### TASK REQUIREMENTS
Which lines come from the start of the records through the line that holds "use crate::words::split_word;"? Write them out word for word.

### TASK MATERIAL
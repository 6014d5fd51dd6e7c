//! Rows: fields that stand one behind the other.
ghost use Rattle.std.specs.Prelude.{◌≡◌, ◌≤◌, ◌<◌, ◌+◌, ◌^◌, ◌++◌, ◌∷◌, ℕ, List, Some, None, true, length, take, drop, vec_len, OnOk, MatchOption};
ghost use Rattle.packet_forms.specs.Crc.{crc_of};
ghost use Rattle.packet_forms.specs.Numbers.{be16_bytes};
ghost use Rattle.row_forms.specs.Words.{words};
ghost use Rattle.row_forms.specs.Rows.{with_front, behind_key, field_said, row_said, end_said, row_shown, word_shown, is_row, error_at, Gives, GivesField};
ghost use Rattle.row_forms.specs.Values.{can_show, value_shown};

use crate::fault::{ReadError, Reason, Refusal, RowFault};
use crate::field::{Field, Kind};
use crate::parts::push_zeros;
use crate::values::{can_show, push_value, read_value};
use crate::words::split_word;
use packet_forms::{are_zeros, be16, behind, crc16, place};
use std::alloc::AllocError;

/// Reads the words of a line as a row, and appends the bytes that they say. `epoch` is what times such as `+0:01:00` are counted
/// from, where the text has one, and `word` the number of the line's first word among those of the text's line. The fault is that of
/// the first word that doesn't fit. What is appended where there is a fault has no meaning.
pub fn read_row(
    epoch: Option<u32>,
    fields: &[Field],
    word: usize,
    line: &[u8],
    out: &mut Vec<u8>,
) -> Result<(), ReadError>
    requires { word + length fields.now < 2 ^ 32 }
    ensures { Gives (with_front out.old.items (row_said epoch word fields.now (words line.now)))
        out.new.items result }
{
    let Some((field, fields)) = fields.split_first() else {
        return end_of_row(word, line);
    };
    match field {
        Field::Value(key, kind) => {
            let Some((text, line)) = split_word(line) else {
                return Err(fault_at(word, Reason::Missing));
            };
            match read_field(epoch, key, kind, text, out) {
                Ok(()) => read_row(epoch, fields, word + 1, line, out),
                Err(refusal) => Err(error_at(word, refusal)),
            }
        }
        Field::Zeros(count) => match push_zeros(*count, out) {
            Ok(()) => read_row(epoch, fields, word, line, out),
            Err(error) => Err(ReadError::Memory(error)),
        },
        Field::Check => {
            let at = out.len();
            if let Err(error) = push_zeros(2, out) {
                return Err(ReadError::Memory(error));
            }
            match read_row(epoch, fields, word, line, out) {
                Ok(()) => {
                    seal(at, out);
                    Ok(())
                }
                Err(error) => Err(error),
            }
        }
    }
}

/// A fault of the word of this number.
fn fault_at(word: usize, reason: Reason) -> ReadError
    ensures { result ≡ error_at word (Refusal.Because reason) }
{
    ReadError::Row(RowFault { word, reason })
}

/// Why the word of this number wasn't read.
fn error_at(word: usize, refusal: Refusal) -> ReadError
    ensures { result ≡ error_at word refusal }
{
    match refusal {
        Refusal::Memory(error) => ReadError::Memory(error),
        Refusal::Because(reason) => fault_at(word, reason),
    }
}

/// Behind the last field no word is left.
fn end_of_row(word: usize, line: &[u8]) -> Result<(), ReadError>
    ensures { (front : List ℕ) → Gives (with_front front (end_said word (words line.now))) front
        result }
{
    match split_word(line) {
        Some(_) => Err(fault_at(word, Reason::Extra)),
        None => Ok(()),
    }
}

/// What comes behind `KEY=`.
#[tactic(auto, unfolding(crate::specs::Rows::behind_key))]
pub fn behind_key<'a>(key: &str, word: &'a [u8]) -> Option<&'a [u8]>
    ensures { MatchOption result
        (behind_key key.now word.now ≡ None)
        (λ text. behind_key key.now word.now ≡ Some text.now) }
{
    let key = key.as_bytes();
    if key.len() < word.len() && word.starts_with(key) && word[key.len()] == b'=' {
        return Some(behind(word, key.len() + 1));
    }
    None
}

/// Appends the bytes of a field that a word says.
fn read_field(
    epoch: Option<u32>,
    key: &str,
    kind: &Kind,
    word: &[u8],
    out: &mut Vec<u8>,
) -> Result<(), Refusal>
    ensures { GivesField (with_front out.old.items (field_said epoch key.now kind.now word.now))
        out.new.items result }
{
    let Some(text) = behind_key(key, word) else {
        return Err(Refusal::Because(Reason::Key));
    };
    match read_value(epoch, kind, text, out) {
        Ok(true) => Ok(()),
        Ok(false) => Err(Refusal::Because(kind.reason())),
        Err(error) => Err(Refusal::Memory(error)),
    }
}

/// Writes the check of the bytes behind a place of two bytes into it.
fn seal(at: usize, out: &mut Vec<u8>)
    requires { at + 2 ≤ vec_len out.old }
    ensures { let behind = drop (at + 2) out.old.items in
        out.new.items ≡ take at out.old.items ++ (be16_bytes (crc_of 0 behind) ++ behind) }
{
    let check = crc16(0, behind(out, at + 2)).to_be_bytes();
    place(out, at, &check);
}

/// Whether the words of a row can say these bytes.
#[tactic(auto, unfolding(crate::specs::Rows::is_row))]
pub fn is_row(fields: &[Field], bytes: &[u8]) -> bool
    ensures { result ≡ is_row fields.now bytes.now }
{
    let Some((field, fields)) = fields.split_first() else {
        return bytes.is_empty();
    };
    match field {
        Field::Value(_, kind) => {
            let size = kind.width(bytes);
            if bytes.len() < size {
                return false;
            }
            let (value, rest) = bytes.split_at(size);
            can_show(kind, value) && is_row(fields, rest)
        }
        Field::Zeros(count) => {
            if bytes.len() < *count {
                return false;
            }
            let (zeros, rest) = bytes.split_at(*count);
            are_zeros(zeros) && is_row(fields, rest)
        }
        Field::Check => {
            if bytes.len() < 2 {
                return false;
            }
            let rest = behind(bytes, 2);
            be16(bytes, 0) == crc16(0, rest) && is_row(fields, rest)
        }
    }
}

/// Appends the words of a row's bytes, each with a space in front: so a row stands behind other words of a line.
pub fn show_row(fields: &[Field], bytes: &[u8], out: &mut Vec<u8>) -> Result<(), AllocError>
    requires { is_row fields.now bytes.now ≡ true }
    ensures { OnOk result (out.new.items ≡ out.old.items ++ row_shown fields.now bytes.now) }
{
    let Some((field, fields)) = fields.split_first() else {
        return Ok(());
    };
    match field {
        Field::Value(key, kind) => {
            let (value, rest) = bytes.split_at(kind.width(bytes));
            push_word(key, kind, value, out)?;
            show_row(fields, rest, out)
        }
        Field::Zeros(count) => show_row(fields, behind(bytes, *count), out),
        Field::Check => show_row(fields, behind(bytes, 2), out),
    }
}

/// Appends a space and the word of a field's bytes.
fn push_word(key: &str, kind: &Kind, value: &[u8], out: &mut Vec<u8>) -> Result<(), AllocError>
    requires { can_show kind.now value.now ≡ true }
    ensures { OnOk result (out.new.items ≡ out.old.items
        ++ (32 ∷ word_shown key.now (value_shown kind.now value.now))) }
{
    out.push(b' ')?;
    out.extend_from_slice(key.as_bytes())?;
    out.push(b'=')?;
    push_value(kind, value, out)
}
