//! What the applications make of telecommands in words: laws that tie the dictionary to what each application takes and decodes.
#![tactic(auto)]

pub mod cs;
pub mod hs;
pub mod lc;
pub mod md;
pub mod mm;
pub mod sc;
pub mod scenario_words;
pub mod spellings;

### RESPONSE TO THIS TASK
repository 6014d5fd51dd6e7c
//! Rows: fields that stand one behind the other.
ghost use Rattle.std.specs.Prelude.{◌≡◌, ◌≤◌, ◌<◌, ◌+◌, ◌^◌, ◌++◌, ◌∷◌, ℕ, List, Some, None, true, length, take, drop, vec_len, OnOk, MatchOption};
ghost use Rattle.packet_forms.specs.Crc.{crc_of};
ghost use Rattle.packet_forms.specs.Numbers.{be16_bytes};
ghost use Rattle.row_forms.specs.Words.{words};
ghost use Rattle.row_forms.specs.Rows.{with_front, behind_key, field_said, row_said, end_said, row_shown, word_shown, is_row, error_at, Gives, GivesField};
ghost use Rattle.row_forms.specs.Values.{can_show, value_shown};

use crate::fault::{ReadError, Reason, Refusal, RowFault};
use crate::field::{Field, Kind};
use crate::parts::push_zeros;
use crate::values::{can_show, push_value, read_value};
use crate::words::split_word;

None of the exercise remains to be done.